CHRIS: It can take more time. Where once you have the astronauts, you’ve got to get there and get there as fast as you can but also try to save as much energy as possible too. Right?

JOSH: Right. So one of the things that is interesting about using Lagrange points is that they might be good places to assemble the spacecraft for deep space missions. You may be able to use slow, efficient propulsion to climb out of the Earth’s gravity well but you’re not going very far. When it’s time to launch the crew, you can get them to that assembly point in a few days. Then you’ve got your whole system ready to go out to a more distant destination.

BLAIR: You know Orion is making some great strides. I didn’t even realize this whole Lagrange point thing. I’m going to have to hit Wikipedia. I don’t even know what that is.

CHRIS: Make sure you study Earth/Moon L2 Lagrange point.

BLAIR: L2.

FRANKLIN: And make sure you double check your references before you start quoting stuff.

BLAIR: Yeah, I’ve gotten burned by that one before. Anyway, I’m feeling a little behind schedule here with Co-Rion.

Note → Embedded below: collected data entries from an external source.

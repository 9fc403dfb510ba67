// What a message leads to, as a small value: an effect on the controller, what is sent, and what the step says.
#![tactic(auto)]

pub mod brief;
pub mod judge;
pub mod planned;
pub mod readings;
pub mod states;
pub mod timers;
pub mod votes;

pub use brief::{Brief, Phase};
pub use planned::{Change, Effect, Plan, Sent};
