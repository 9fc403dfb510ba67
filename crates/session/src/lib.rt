// The station program as a library on byte slices: settings first, then a controller; bytes in, bytes out.
#![tactic(auto)]

pub mod answer;
pub mod carry;
pub mod feed;
pub mod handle;
pub mod run;
pub mod serve;
pub mod stage;
pub mod turn;

pub use feed::{Fed, Session};
pub use run::Ran;
pub use stage::{Core, Stage};
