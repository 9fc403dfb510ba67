// What a vote leads to while voting, once it is judged.
ghost use Rattle.std.specs.Prelude.{◌≡◌};
ghost use Rattle.plan.specs.Votes.{chosen_plan, end_of, judged, possessed};

use crate::brief::{Brief, Phase};
use crate::planned::{Effect, Plan, Sent, sending_after};
use message::Head;
use units::Refusal;
use vote::{Decision, Digest};

// The round's end with the vote taken in: the phase becomes idle, all else is kept.
// (seat, digest, first) are the fields of one D and what goes out with it, put into an effect in each.
fn end(seat: usize, digest: Digest, first: Sent, why: Refusal) -> Plan
    ensures { result ≡ end_of seat digest first why }
{
    Plan {
        effect: Effect::Count {
            seat,
            digest,
            phase: Phase::Idle,
        },
        first,
        second: None,
        verdict: Err(why),
    }
}

impl Brief {
    // Whether the measurements and the state of the chosen digest are here.
    #[tactic(auto, unfolding(crate::specs::Votes::possessed))]
    fn possesses(self, chosen: Digest) -> bool
        ensures { result ≡ possessed self chosen }
    {
        chosen.mask & self.held == chosen.mask && chosen.state.same(self.state)
    }

    // The vote is decided: 14, then 13, else compute and send S.
    #[tactic(auto, unfolding(crate::specs::Votes::chosen_plan, units::specs::Pick::pick))]
    fn chosen_plan(self, seat: usize, digest: Digest, first: Sent, chosen: Digest) -> Plan
        ensures { result ≡ chosen_plan self seat digest first chosen }
    {
        if !chosen.state.before(self.label) {
            return end(seat, digest, first, Refusal::Behind);
        }
        if !self.possesses(chosen) {
            return end(seat, digest, first, Refusal::Lacking);
        }
        sending_after(
            Effect::Issue {
                seat,
                digest,
                chosen,
            },
            first,
            Head::Setpoints {
                sender: self.own,
                label: self.label,
                digest: chosen,
            },
        )
    }

    // A vote was taken in while voting, `first` goes out with it, and all votes together are decided so.
    #[tactic(auto, unfolding(crate::specs::Votes::judged))]
    pub fn judge(self, seat: usize, digest: Digest, first: Sent, decision: Decision) -> Plan
        ensures { result ≡ judged self seat digest first decision }
    {
        match decision {
            Err(_) | Ok(None) => Plan {
                effect: Effect::Count {
                    seat,
                    digest,
                    phase: Phase::Voting,
                },
                first,
                second: None,
                verdict: Ok(()),
            },
            Ok(Some(chosen)) => self.chosen_plan(seat, digest, first, chosen),
        }
    }
}
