// The line at hand read: what is held of it, and the next piece up to its line feed.
ghost use Rattle.std.specs.Prelude.{◌≡◌, length, take};
ghost use Rattle.fields.specs.Cut.{line_ending, line_in};
ghost use Rattle.fields.specs.Lines.{feed_at};
ghost use Rattle.lines.specs.Reading.{read_line};
ghost use Rattle.lines.specs.Settling.{settle_line};

use fields::{Carry, scan};
use lines::Line;
use lines::read::{First, read, read_first};
use lines::settle::{Settled, Settling};
use message::{Head, Message};
use units::Group;

// What a line of the first n bytes says.
fn read_part(bytes: &[u8], n: usize, group: Group) -> Line
    ensures { result ≡ read_line group (take n bytes.now) }
{
    read(&bytes[..n.min(bytes.len())], group)
}

// The first n bytes as a line of the settings.
fn take_first(settling: Settling, bytes: &[u8], n: usize) -> Settled
    ensures { result ≡ settle_line settling (take n bytes.now) }
{
    settling.take(&bytes[..n.min(bytes.len())])
}

// What the line says that ends with the first n bytes of an input.
pub(crate) fn read_on(carry: Carry, input: &[u8], n: usize, group: Group) -> Line
    ensures { result ≡ read_line group (line_in carry (take n input.now)) }
{
    if carry.is_empty() {
        return read_part(input, n, group);
    }
    let whole = carry.hold(input, n);
    read_part(&whole.bytes(), whole.len(), group)
}

// The same of a line of the settings.
pub(crate) fn take_on(carry: Carry, settling: Settling, input: &[u8], n: usize) -> Settled
    ensures { result ≡ settle_line settling (line_in carry (take n input.now)) }
{
    if carry.is_empty() {
        return take_first(settling, input, n);
    }
    let whole = carry.hold(input, n);
    take_first(settling, &whole.bytes(), whole.len())
}

// A line of no account stands for one that is not read: `Core::first` promises a `First` at every stage, and `Heard` says which line counts.
// The place of the first line feed, where the line is not read here.
pub(crate) fn unread(input: &[u8]) -> First
    ensures { result.feed ≡ feed_at input.now }
{
    First {
        line: Line {
            verdict: Ok(()),
            message: Message::plain(Head::Refused { number: 0 }),
        },
        feed: scan(input).feed,
    }
}

// The line that ends in an input, and the place of its line feed; without one the line is not read.
fn first_on(carry: Carry, input: &[u8], group: Group) -> First
    ensures { (result.feed ≡ feed_at input.now) × ((feed_at input.now ≡ length input.now → ⊥) → result.line ≡ read_line group (line_ending carry input.now)) }
{
    let first = unread(input);
    let feed = first.feed;
    if feed == input.len() {
        return first;
    }
    let line = read_on(carry, input, feed + 1, group);
    First { line, feed }
}

// The same, in one pass where nothing is held.
pub(crate) fn first(carry: Carry, input: &[u8], group: Group) -> First
    ensures { (result.feed ≡ feed_at input.now) × ((feed_at input.now ≡ length input.now → ⊥) → result.line ≡ read_line group (line_ending carry input.now)) }
{
    if carry.is_empty() {
        return read_first(input, group);
    }
    first_on(carry, input, group)
}
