// A piece of the input served whole: one call of `feed`, and then line after line as long as a controller runs.
ghost use Rattle.std.specs.Prelude.{◌≡◌, length};
ghost use Rattle.lines.specs.Writing.{buffer_of};
ghost use Rattle.session.specs.Serving.{is_running, may_run, served, served_text};

use crate::feed::{Fed, Session};
use crate::run::run_lines;
use crate::stage::Stage;

fn is_running(stage: Stage) -> bool
    ensures { result ≡ is_running stage }
{
    matches!(stage, Stage::Running)
}

impl Session {
    // Whether the next line can be served at once: a controller runs, and nothing is held of a line.
    fn may_run(self) -> bool
        ensures { result ≡ may_run self }
    {
        is_running(self.core.stage) && self.carry.is_empty()
    }

    // Takes the next piece of the input as so many calls of `feed` would: up to the end of one line, and then each whole line while
    // there is room for two lines.
    pub fn serve(self, input: &[u8], out: &mut [u8]) -> Fed
        ensures { (result ≡ served self input.now (length out.old)) × (out.new ≡ buffer_of (served_text self input.now (length out.old)) out.old) }
    {
        let fed = self.feed(input, out);
        if !fed.next.may_run() {
            return fed;
        }
        let Session { core, carry } = fed.next;
        let ran = run_lines(
            core.controller,
            core.numbers(),
            &input[fed.took..],
            &mut out[fed.wrote..],
        );
        Fed {
            next: Session {
                core: core.running(ran.next),
                carry,
            },
            took: fed.took + ran.took,
            wrote: fed.wrote + ran.wrote,
            ..fed
        }
    }
}
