ghost use Rattle.std.specs.Prelude.{◌≡◌, ℕ, ◌+◌, ◌-◌, ◌*◌, ◌^◌, ◌<◌, ◌≤◌, Bool, true, false, not, ◌&&◌, if◌then◌else◌, nat_eq, nat_lt};
ghost use Rattle.words.specs.Words.{bit, marked};

// A set is a plain word, as the plan call takes permission words, and the one for C with it; a place is a plain number below
// 64, which its clause says: a type of places would be made and taken apart at each call.

// Whether place k is taken.
#[tactic(auto, using(crate::proofs::Digits::digit_at))]
pub fn has(w: u64, k: usize) -> bool
    requires { k < 64 }
    ensures { result ≡ bit w k }
{
    w >> k & 1 == 1
}

// The word with place k taken.
#[tactic(auto, using(crate::proofs::Digits::with_word))]
pub fn with(w: u64, k: usize) -> u64
    requires { k < 64 }
    ensures { (j : ℕ) → bit result j ≡ (if nat_eq j k then true else bit w j) }
{
    w | 1 << k
}

// The word with place k left out.
#[tactic(auto, using(crate::proofs::Digits::without_word))]
pub fn without(w: u64, k: usize) -> u64
    requires { k < 64 }
    ensures { (j : ℕ) → bit result j ≡ (if nat_eq j k then false else bit w j) }
{
    w & !(1 << k)
}

// The places of a that b does not take.
#[tactic(auto, using(crate::proofs::Digits::less_word))]
pub fn except(a: u64, b: u64) -> u64
    ensures { (j : ℕ) → bit result j ≡ (bit a j && not (bit b j)) }
{
    a & !b
}

// The places that both take.
#[tactic(auto, using(crate::proofs::Digits::bit_of_and))]
pub fn both(a: u64, b: u64) -> u64
    ensures { (j : ℕ) → bit result j ≡ (bit a j && bit b j) }
{
    a & b
}

// The places below n.
#[tactic(auto, using(crate::proofs::Digits::all_places, crate::proofs::Digits::first_places, crate::proofs::Digits::first_number))]
pub fn first(n: usize) -> u64
    requires { n ≤ 64 }
    ensures places { (j : ℕ) → bit result j ≡ nat_lt j n }
    ensures number { result ≡ 2 ^ n - 1 }
{
    if n == 64 { u64::MAX } else { (1 << n) - 1 }
}

// The word with place k taken or left out, by its places alone.
fn marks(w: u64, k: usize, on: bool) -> u64
    requires { k < 64 }
    ensures { (j : ℕ) → bit result j ≡ (if nat_eq j k then on else bit w j) }
{
    if on { with(w, k) } else { without(w, k) }
}

// The word with place k taken or left out.
pub fn put(w: u64, k: usize, on: bool) -> u64
    requires { k < 64 }
    ensures places { (j : ℕ) → bit result j ≡ (if nat_eq j k then on else bit w j) }
    ensures number { result ≡ marked w k on }
{
    marks(w, k, on)
}
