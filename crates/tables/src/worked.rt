ghost use Rattle.std.specs.Prelude.{◌≡◌};
ghost use Rattle.tables.specs.Worked.{worked_values, WorkedOut};

use crate::row::Row;

// A value worked out by hand: the odds of a row so many years after the base year.
#[derive(Clone, Copy)]
pub struct Worked {
    pub row: Row,
    pub years: u16,
    pub odds: u32,
}

fn by_hand(odds: u32, fall: u32, years: u16, valued: u32) -> Worked
    ensures { result ≡ record { row = record { odds = odds; fall = fall }; years = years; odds = valued } }
{
    let row = Row { odds, fall };
    Worked {
        row,
        years,
        odds: valued,
    }
}

// Values worked out by hand, each of which the definition of odds at valuation gives.
pub fn worked_values() -> [Worked; 5]
    ensures value { result ≡ worked_values }
    ensures worked_out { WorkedOut }
{
    [
        by_hand(12_000, 10_000, 2, 11_761),
        by_hand(5, 100_000, 1, 4),
        by_hand(15, 100_000, 2, 12),
        by_hand(999_999, 100_000, 1, 899_999),
        by_hand(100, 10_000, 100, 49),
    ]
}
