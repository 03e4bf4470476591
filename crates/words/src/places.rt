ghost use Rattle.std.specs.Prelude.{◌≡◌, MatchOption};
ghost use Rattle.std.specs.Int.Count.{count_trailing_zeros};
ghost use Rattle.std.specs.Iterator.{at_most};
ghost use Rattle.words.specs.Words.{Lowest};

// the lowest place of a word, and 64 if it has none
fn lowest(w: u64) -> usize
    ensures { result ≡ count_trailing_zeros 64 w }
{
    // `as`, since no From leads from u32 to usize
    w.trailing_zeros() as usize
}

// The places of a word, taken in rising number.
#[derive(Clone, Copy)]
pub struct Places(pub u64);

impl Iterator for Places {
    type Item = usize;

    ghost next_gives = { λ s r t. MatchOption r (s.0 ≡ 0) (λ k. Lowest s.0 k t.0) };

    ghost remaining = { λ s. at_most s.0 };

    // The lowest place that is left, which is then no longer there.
    #[tactic(auto, using(crate::proofs::Digits::lowest_place))]
    fn next(&mut self) -> Option<usize> {
        if self.0 == 0 {
            return None;
        }
        let k = lowest(self.0);
        self.0 &= self.0 - 1;
        Some(k)
    }
}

FRANKLIN: I wouldn’t get discouraged because NASA didn’t start with manned space flight a couple of weeks ago. They’ve been at this for a few years.

CHRIS: Especially with EFT-1, they’ve been working on this for a while and they’re on track for the 2014 flight test.

BLAIR: Still, I want to make a big splash. I want to make a big impression.

CHRIS: I tell you what. My advice to you is to make sure the Co-Rion is not identical to Orion. Make something that stands out between the two.

BLAIR: You mean something different other than just adding racing stripes. You mean something substantive.

CHRIS: Absolutely.

BLAIR: So, for example, why not break the Kessel Run in 12 parsecs?

CHRIS: Impressive.

FRANKLIN: Most impressive.

BLAIR: If you guys think that’s impressive, wait till you see my next project.

CHRIS: Hmm.

BLAIR: What you’re telling me is if I sign here, here, here and here, I own the Shuttle?

MAN: Absolutely.

BLAIR: Good deal. Is this odometer reading correct?

MAN: Yes, it is.

BLAIR: Thank you, sir.

BLAIR: All right, weather looks good. Let’s back it up, remembering all the safety rules. Just important to remember this morning all the pedestrian laws still apply even though there are people walking all around the shuttle. We want to be very sensitive. Let’s just understand that as we’re moving this vehicle, if we want to refer to it as the Shuttle, the Shuttle Orbiter, the Orbiter, we are in a free speech zone. Anyway, it doesn’t matter because this is now simply a motivator for my work on the next greatest spacecraft from the co-host, the Co-Rion. And what a motivator it is! Thank goodness we don’t have to parallel park.